Most commentators and companies have their eyes on the U.S. and the EU – however, Korea may in the meantime steal anyone else’s thunder and be the first country in the world to adopt legislation on in-app payments. The ruling party has introduced a new bill known as the Amendment to the Telecommunications Business Act (and informally dubbed as the “Google Power Abuse Prevention Act”), currently debated in Korea’s National Assembly. 

The Korean bill, introduced with the aim of promoting fair competition in the app economy, proposes to, among others, prohibit app market business operators (read: app stores) from compelling providers of mobile content (read: apps) to use a specific payment system. In other words, if passed into law, the Korean bill will prohibit Apple and Google from forcing apps selling “digital” goods or services to use IAP and GBP respectively, similar to the U.S. Open App Markets Act. This would be a major milestone and would likely embolden foreign lawmakers in adopting similar legislation. 

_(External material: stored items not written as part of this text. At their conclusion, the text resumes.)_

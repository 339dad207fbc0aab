//! Steps of an exchange up to its publication, each made from what the calls before it tell.
ghost use Rattle.std.specs.Prelude.{◌≡◌, ◌≤◌, ◌<◌, vec_len};
ghost use Rattle.pc_rule_law.specs.Conditions.{IsFree, CanWrite};
ghost use Rattle.pc_rule.specs.Passes.{view, board_size, IsPassOf, IsSamePass};
ghost use Rattle.pc_rule.specs.Shares.{AreAll, NoneTried};

use pc_model::{Loose, Memory};
use pc_rule::{
    Board, Pass, Share, close_board, open_board, step_9, step_10, step_12, usual_starts,
};

/// Loads the clock, stores a word of the own descriptor twice, and loads it and another again.
fn stored_and_loaded(board: &Board<Loose>, pass: &mut Pass<Loose>) -> [u64; 3]
    requires pass { IsPassOf board.now pass.old }
    requires one { 1 ≤ (board_size board.now).seats }
    requires may { CanWrite (view pass.old) }
    requires free { IsFree (view pass.old) }
    ensures same { IsSamePass pass.old pass.new }
    ensures free { IsFree (view pass.new) }
{
    let clock = step_9(board, pass);
    step_10(board, pass, 1, 2);
    step_10(board, pass, 1, 3);
    let count = step_12(board, pass, 1, 1);
    let mode = step_12(board, pass, 1, 0);
    [clock, count, mode]
}

/// The same by the first pass of a board.
fn by_the_first(board: &Board<Loose>, passes: &mut Vec<Pass<Loose>>) -> [u64; 3]
    requires all { AreAll board.now passes.old.items }
    requires tried { NoneTried passes.old.items }
    requires some { 0 < vec_len passes.old }
    ensures all { AreAll board.now passes.new.items }
{
    stored_and_loaded(board, &mut passes[0])
}

#[test]
fn a_descriptor_has_the_words_that_are_stored(rt: HostRuntime) -> Result<(), Memory> {
    let shares = [Share { slots: 1, calls: 0 }];
    let (board, mut passes) = open_board(rt.alloc(), Loose, &shares, usual_starts())?;
    let told = by_the_first(&board, &mut passes);
    let closed = close_board(board, passes);
    assert_eq!(rt; (told, closed.history().len()), ([1, 3, 0], 0));
    Ok(())
}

How soon this may happen, however, only time will tell. Last July, the Korean bill eventually went through the Science, ICT, Broadcasting, and Communications Committee of Korea’s National Assembly and progressed into the Legislation and Judiciary Committee. Google and Apple have already voiced their opposition to the new bill according to mlex, but it is not clear the Korean legislator will be discouraged from moving forward.

Epilogue

While we are still in the beginning of a long process of regulating the harmful conduct of gatekeeping digital platforms, the multitude of regulatory initiatives across the globe is a positive development. The bipartisan Open App Markets Act bill (and its companion bill introduced in the House), targeting Apple and Google as the operators of app stores, is among the most recent efforts to constrain these companies’ power over the app ecosystem – and shows the eagerness of the U.S. Congress to take on the app store battle. This sound document deals with some of the most egregious practices of dominant app store operators and reflects to a large extent – albeit in a more targeted and perhaps clearer form – the obligations contained in the DMA – the legislative instrument aiming to regulate gatekeepers (including app store operators) on the other side of the Atlantic. Meanwhile, however, Korea may set a precedent for other countries, at least on the issue of in-app payments.